§ **Problem to work on**
Up to and including the line with "pub struct Dependencies", please set down the entries below exactly, starting from the first line.

§ **Collected data**
ghost use Rattle.std.specs.Prelude.{◌≡◌, ◌++◌, ◌∷◌, [], map, OnOk};
ghost use Rattle.attribute_values.specs.dependency_forms.Told.{dependency_told};

use crate::dependency_forms::dependency::Dependency;
use il_base::NoMemory;
use std::alloc::Global;
use std::marker::Model;

/// Dependencies in a list. Contracts see them as the rules of marking have them.
#[derive(Drop)]
pub struct Dependencies {
    listed: Vec<Dependency>,
}

impl Model for Dependencies {
    ghost use Rattle.std.specs.Prelude.{List, map};
    ghost use Rattle.rules.specs.mark_rules.Annotations as rules;
    ghost use Rattle.attribute_values.specs.dependency_forms.Told.{dependency_told};

    ghost Value = { List rules.Dependency };

    ghost view = { λ d. map dependency_told d.listed.items };
}

impl Dependencies {
    /// No dependency. It takes no memory.
    pub fn new(alloc: Global) -> Dependencies
        ensures { result ≡ [] }
    {
        Dependencies {
            listed: Vec::new(alloc),
        }
    }

    /// The dependencies, in their order.
    pub fn as_slice(&self) -> &[Dependency]
        ensures { map dependency_told result.now ≡ self.now }
    {
        self.listed.as_slice()
    }

    /// Puts a dependency at the end.
    #[tactic(auto, using(crate::proofs::lemmas::dependency_forms::Lists::one_more))]
    pub fn push(&mut self, dependency: Dependency) -> Result<(), NoMemory>
        ensures { OnOk result (self.new ≡ self.old ++ dependency_told dependency ∷ []) }
    {
        self.listed.push(dependency)?;
        Ok(())
    }
}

§ **Finished task**
ghost use Rattle.std.specs.Prelude.{◌≡◌, ◌++◌, ◌∷◌, [], map, OnOk};
ghost use Rattle.attribute_values.specs.dependency_forms.Told.{dependency_told};

use crate::dependency_forms::dependency::Dependency;
use il_base::NoMemory;
use std::alloc::Global;
use std::marker::Model;

/// Dependencies in a list. Contracts see them as the rules of marking have them.
#[derive(Drop)]
pub struct Dependencies {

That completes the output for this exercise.